Task requirements:
Go through the material and copy each line that includes "DylibNameMissing".
--*--
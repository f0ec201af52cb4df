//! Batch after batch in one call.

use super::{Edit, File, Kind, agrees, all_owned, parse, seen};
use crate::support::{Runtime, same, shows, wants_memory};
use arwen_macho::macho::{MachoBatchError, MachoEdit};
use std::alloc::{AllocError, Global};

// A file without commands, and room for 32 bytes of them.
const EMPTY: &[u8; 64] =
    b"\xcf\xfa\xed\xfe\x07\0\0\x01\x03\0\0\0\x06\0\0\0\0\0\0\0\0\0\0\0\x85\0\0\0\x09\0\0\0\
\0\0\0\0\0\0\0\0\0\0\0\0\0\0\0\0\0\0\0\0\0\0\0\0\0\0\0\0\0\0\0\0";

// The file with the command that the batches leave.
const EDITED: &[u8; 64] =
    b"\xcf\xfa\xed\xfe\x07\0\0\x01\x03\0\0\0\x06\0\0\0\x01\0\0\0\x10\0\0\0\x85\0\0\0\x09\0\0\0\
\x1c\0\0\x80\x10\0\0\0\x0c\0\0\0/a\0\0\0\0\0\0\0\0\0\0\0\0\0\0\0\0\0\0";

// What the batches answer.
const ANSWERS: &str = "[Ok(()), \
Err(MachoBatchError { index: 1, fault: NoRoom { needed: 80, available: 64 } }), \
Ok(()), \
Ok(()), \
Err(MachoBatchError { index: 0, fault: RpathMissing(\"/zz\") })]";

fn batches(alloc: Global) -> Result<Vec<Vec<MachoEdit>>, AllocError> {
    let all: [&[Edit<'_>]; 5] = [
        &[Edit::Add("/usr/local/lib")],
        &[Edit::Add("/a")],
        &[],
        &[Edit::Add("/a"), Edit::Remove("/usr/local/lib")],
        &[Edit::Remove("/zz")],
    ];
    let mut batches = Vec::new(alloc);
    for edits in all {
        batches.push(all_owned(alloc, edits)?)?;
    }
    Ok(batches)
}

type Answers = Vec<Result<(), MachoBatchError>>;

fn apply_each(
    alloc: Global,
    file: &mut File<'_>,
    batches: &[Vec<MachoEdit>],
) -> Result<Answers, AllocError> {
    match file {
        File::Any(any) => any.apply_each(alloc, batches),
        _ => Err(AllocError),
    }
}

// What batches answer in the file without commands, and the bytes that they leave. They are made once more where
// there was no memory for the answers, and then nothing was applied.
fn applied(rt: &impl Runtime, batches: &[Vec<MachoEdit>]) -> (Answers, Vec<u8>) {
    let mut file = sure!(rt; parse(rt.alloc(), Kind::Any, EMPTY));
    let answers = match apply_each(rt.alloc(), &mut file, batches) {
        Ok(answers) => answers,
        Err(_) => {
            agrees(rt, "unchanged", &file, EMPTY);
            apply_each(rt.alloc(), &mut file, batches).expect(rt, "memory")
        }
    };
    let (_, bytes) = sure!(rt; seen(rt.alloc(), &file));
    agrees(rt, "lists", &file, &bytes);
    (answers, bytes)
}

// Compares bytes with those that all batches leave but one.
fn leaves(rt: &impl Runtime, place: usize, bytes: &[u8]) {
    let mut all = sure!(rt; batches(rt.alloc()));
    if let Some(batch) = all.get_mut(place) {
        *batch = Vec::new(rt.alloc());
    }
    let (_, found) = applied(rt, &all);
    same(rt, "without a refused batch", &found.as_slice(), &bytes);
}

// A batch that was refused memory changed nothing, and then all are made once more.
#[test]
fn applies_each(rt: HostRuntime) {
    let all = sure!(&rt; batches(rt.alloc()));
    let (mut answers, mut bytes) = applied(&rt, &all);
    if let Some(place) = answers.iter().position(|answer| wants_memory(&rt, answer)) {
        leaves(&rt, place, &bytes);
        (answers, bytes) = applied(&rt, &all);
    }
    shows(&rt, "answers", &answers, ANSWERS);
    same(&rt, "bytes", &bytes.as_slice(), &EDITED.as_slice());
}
--*--
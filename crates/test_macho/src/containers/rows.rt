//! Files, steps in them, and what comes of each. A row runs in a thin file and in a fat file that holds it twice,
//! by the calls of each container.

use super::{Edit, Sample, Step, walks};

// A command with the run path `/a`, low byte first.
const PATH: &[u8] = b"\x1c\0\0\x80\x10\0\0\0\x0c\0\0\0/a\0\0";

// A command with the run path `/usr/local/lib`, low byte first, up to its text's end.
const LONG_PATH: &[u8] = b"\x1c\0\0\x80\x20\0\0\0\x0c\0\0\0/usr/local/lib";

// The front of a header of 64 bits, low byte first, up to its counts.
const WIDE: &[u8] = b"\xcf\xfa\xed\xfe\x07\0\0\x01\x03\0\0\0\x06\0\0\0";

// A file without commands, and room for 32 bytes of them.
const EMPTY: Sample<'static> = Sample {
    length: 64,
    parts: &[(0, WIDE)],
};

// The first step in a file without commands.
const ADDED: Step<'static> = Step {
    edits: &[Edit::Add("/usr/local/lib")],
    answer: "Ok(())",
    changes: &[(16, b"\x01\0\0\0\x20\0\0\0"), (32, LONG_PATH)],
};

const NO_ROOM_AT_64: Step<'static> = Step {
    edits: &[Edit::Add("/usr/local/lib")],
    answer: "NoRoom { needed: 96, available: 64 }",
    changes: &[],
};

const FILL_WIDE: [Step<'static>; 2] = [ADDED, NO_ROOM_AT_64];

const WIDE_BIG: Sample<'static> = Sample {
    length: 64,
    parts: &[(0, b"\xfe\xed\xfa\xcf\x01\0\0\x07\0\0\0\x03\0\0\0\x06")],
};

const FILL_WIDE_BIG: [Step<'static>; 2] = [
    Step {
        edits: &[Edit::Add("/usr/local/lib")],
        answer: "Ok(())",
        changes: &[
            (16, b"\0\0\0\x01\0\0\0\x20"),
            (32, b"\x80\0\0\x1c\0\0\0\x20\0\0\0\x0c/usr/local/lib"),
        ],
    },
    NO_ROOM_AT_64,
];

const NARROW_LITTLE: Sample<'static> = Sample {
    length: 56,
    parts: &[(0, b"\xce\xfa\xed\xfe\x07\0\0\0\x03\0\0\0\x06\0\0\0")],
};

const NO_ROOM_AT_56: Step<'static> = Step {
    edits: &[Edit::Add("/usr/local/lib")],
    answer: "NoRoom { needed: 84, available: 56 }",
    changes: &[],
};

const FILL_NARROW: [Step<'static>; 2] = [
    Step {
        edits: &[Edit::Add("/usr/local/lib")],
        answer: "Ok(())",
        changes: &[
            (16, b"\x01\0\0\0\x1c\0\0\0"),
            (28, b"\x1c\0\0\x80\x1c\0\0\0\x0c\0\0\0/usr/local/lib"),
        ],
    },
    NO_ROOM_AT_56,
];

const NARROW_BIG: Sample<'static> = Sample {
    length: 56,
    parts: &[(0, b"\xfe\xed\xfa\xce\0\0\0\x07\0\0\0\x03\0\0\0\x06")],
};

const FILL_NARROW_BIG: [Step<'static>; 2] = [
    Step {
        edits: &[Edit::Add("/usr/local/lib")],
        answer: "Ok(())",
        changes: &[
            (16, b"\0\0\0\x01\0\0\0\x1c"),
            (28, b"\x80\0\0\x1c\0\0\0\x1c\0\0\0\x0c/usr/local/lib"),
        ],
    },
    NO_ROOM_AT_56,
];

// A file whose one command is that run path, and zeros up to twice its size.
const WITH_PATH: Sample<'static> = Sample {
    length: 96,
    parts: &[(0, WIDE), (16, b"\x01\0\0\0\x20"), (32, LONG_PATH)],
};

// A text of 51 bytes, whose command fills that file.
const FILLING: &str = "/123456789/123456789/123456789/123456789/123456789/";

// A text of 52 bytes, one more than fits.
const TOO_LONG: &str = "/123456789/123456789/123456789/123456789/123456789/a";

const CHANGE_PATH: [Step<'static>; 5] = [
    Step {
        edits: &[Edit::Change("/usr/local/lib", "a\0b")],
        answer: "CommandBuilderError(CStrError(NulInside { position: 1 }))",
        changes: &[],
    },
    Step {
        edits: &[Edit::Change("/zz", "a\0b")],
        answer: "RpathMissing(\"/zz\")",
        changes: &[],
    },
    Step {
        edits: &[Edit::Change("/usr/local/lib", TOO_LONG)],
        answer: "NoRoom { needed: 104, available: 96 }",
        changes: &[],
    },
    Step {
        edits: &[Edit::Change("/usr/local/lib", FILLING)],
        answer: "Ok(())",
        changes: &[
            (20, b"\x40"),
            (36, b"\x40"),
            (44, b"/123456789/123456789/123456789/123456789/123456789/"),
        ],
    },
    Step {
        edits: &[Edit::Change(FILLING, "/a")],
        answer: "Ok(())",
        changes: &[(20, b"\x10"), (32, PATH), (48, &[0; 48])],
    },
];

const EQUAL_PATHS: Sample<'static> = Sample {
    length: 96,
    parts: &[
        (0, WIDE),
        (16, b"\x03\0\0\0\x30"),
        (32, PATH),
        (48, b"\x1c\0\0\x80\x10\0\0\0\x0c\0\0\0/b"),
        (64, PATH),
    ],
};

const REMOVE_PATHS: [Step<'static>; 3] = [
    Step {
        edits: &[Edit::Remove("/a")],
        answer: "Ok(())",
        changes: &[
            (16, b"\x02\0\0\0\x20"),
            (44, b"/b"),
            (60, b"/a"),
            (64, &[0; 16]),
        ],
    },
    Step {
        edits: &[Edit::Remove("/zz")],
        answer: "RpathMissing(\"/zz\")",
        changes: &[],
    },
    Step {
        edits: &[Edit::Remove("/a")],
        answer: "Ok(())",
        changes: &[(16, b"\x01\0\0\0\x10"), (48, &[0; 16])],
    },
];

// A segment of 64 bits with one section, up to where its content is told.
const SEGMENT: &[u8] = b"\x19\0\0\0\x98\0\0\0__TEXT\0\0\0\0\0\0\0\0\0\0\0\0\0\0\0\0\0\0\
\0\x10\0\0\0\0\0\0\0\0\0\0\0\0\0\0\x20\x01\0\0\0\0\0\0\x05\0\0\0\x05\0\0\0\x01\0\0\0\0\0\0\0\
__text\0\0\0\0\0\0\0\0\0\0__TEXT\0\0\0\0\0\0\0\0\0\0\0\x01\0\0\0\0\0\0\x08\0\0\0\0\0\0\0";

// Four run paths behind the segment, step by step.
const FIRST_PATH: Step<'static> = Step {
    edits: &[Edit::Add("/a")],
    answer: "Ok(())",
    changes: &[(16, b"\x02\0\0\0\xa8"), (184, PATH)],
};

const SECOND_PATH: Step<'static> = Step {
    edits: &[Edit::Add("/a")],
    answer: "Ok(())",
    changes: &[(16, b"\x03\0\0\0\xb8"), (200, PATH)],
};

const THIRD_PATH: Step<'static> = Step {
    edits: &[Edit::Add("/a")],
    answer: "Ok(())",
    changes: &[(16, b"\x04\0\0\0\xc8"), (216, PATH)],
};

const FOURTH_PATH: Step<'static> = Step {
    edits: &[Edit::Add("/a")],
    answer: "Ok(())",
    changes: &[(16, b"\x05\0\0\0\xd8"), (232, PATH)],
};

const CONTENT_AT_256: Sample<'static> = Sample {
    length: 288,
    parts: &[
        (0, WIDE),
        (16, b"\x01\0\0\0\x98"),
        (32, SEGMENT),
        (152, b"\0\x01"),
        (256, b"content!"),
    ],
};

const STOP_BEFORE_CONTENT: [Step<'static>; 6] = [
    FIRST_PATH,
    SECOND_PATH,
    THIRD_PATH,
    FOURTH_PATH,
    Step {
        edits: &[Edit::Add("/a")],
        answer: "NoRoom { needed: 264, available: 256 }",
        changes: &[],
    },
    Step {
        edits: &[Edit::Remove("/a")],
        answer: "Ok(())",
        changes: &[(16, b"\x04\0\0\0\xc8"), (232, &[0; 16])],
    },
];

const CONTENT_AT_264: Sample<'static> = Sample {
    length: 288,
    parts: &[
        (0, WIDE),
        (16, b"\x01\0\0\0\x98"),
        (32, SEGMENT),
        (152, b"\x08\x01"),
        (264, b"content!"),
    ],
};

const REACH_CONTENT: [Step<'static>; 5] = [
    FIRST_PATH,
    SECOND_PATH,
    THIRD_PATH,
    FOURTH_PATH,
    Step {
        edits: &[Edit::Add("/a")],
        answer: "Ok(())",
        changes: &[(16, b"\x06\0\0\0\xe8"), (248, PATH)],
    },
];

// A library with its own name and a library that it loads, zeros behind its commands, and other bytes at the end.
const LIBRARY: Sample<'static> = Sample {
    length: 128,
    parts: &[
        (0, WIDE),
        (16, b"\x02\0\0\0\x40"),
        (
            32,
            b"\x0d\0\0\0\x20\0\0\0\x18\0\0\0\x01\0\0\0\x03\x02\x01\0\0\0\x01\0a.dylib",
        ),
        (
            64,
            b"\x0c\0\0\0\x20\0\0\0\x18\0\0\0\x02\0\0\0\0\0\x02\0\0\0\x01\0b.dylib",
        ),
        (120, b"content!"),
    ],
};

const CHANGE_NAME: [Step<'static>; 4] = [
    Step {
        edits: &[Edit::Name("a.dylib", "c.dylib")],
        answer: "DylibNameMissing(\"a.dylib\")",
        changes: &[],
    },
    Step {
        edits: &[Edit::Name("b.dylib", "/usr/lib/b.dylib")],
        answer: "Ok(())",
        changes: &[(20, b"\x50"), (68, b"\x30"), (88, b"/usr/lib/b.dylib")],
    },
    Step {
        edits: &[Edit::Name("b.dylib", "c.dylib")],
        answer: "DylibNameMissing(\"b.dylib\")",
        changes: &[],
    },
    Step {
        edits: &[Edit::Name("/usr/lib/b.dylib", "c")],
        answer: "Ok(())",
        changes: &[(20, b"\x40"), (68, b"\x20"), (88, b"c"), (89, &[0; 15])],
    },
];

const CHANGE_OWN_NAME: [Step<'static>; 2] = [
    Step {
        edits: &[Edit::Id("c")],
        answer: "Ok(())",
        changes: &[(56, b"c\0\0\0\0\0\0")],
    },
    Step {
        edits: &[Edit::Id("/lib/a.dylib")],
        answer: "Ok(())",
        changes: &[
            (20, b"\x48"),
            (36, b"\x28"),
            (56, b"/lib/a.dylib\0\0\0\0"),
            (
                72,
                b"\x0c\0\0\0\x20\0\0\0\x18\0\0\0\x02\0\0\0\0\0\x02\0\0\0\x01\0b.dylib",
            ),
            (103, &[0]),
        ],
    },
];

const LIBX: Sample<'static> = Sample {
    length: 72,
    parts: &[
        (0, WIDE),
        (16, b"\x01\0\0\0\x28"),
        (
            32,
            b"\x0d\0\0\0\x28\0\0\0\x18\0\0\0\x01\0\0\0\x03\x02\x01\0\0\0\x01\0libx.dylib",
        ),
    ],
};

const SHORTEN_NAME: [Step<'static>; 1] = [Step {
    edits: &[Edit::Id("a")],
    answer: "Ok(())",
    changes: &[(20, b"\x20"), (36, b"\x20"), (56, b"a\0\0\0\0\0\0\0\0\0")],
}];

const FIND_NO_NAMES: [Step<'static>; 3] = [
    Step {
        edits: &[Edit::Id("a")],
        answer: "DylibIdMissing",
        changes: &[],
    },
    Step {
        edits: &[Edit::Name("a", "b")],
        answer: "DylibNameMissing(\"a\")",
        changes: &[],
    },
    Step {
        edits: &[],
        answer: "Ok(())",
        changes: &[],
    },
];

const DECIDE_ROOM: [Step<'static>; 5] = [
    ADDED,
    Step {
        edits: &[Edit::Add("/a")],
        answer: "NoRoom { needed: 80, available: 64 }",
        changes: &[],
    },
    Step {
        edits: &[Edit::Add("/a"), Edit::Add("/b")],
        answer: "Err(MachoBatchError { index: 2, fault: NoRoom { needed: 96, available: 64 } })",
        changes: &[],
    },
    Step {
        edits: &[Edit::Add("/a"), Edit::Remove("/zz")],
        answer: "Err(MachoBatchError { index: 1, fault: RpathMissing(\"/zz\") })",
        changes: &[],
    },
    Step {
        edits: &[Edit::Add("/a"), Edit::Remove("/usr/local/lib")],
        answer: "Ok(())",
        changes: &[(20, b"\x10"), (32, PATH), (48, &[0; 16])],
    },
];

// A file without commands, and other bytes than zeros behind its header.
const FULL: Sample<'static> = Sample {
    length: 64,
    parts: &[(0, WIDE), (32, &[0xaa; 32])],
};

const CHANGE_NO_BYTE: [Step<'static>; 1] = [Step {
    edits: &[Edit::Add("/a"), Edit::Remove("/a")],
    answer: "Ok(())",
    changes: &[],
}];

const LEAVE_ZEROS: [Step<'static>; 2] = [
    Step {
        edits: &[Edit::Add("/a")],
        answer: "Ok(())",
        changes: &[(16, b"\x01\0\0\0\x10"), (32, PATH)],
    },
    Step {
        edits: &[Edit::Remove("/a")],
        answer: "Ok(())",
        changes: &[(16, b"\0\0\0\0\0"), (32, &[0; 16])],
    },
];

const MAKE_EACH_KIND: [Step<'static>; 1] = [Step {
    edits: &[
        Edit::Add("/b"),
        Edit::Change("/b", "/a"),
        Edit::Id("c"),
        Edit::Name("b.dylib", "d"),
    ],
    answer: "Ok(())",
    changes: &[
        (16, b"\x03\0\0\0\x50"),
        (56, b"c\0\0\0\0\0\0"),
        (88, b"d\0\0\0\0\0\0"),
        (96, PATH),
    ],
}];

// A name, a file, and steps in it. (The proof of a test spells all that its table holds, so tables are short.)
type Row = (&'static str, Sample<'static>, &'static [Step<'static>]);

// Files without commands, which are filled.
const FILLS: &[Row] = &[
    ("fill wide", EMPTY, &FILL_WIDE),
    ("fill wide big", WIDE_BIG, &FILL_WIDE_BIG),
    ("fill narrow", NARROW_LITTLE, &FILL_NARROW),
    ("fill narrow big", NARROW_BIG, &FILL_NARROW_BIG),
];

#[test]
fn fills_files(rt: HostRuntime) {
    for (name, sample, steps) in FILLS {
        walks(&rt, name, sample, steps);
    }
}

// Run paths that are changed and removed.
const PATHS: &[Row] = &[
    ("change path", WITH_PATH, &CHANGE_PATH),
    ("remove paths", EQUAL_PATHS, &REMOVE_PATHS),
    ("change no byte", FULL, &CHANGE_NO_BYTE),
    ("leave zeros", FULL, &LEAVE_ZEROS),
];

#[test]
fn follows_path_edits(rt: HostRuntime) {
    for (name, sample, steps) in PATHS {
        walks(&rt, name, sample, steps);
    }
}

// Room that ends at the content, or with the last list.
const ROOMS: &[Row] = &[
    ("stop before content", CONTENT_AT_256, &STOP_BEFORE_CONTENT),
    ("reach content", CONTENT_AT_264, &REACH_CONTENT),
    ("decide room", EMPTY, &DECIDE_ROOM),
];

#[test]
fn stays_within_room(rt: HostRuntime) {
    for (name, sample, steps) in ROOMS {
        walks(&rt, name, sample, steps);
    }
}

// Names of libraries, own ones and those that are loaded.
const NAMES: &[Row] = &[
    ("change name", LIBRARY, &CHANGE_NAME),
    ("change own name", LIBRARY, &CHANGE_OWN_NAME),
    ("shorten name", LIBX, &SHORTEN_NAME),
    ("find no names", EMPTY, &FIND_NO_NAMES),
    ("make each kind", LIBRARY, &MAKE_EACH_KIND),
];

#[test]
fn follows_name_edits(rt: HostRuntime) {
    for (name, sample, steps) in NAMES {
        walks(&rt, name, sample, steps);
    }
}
--*--
Response for this exercise:
        answer: "DylibNameMissing(\"a.dylib\")",
        answer: "DylibNameMissing(\"b.dylib\")",
        answer: "DylibNameMissing(\"a\")",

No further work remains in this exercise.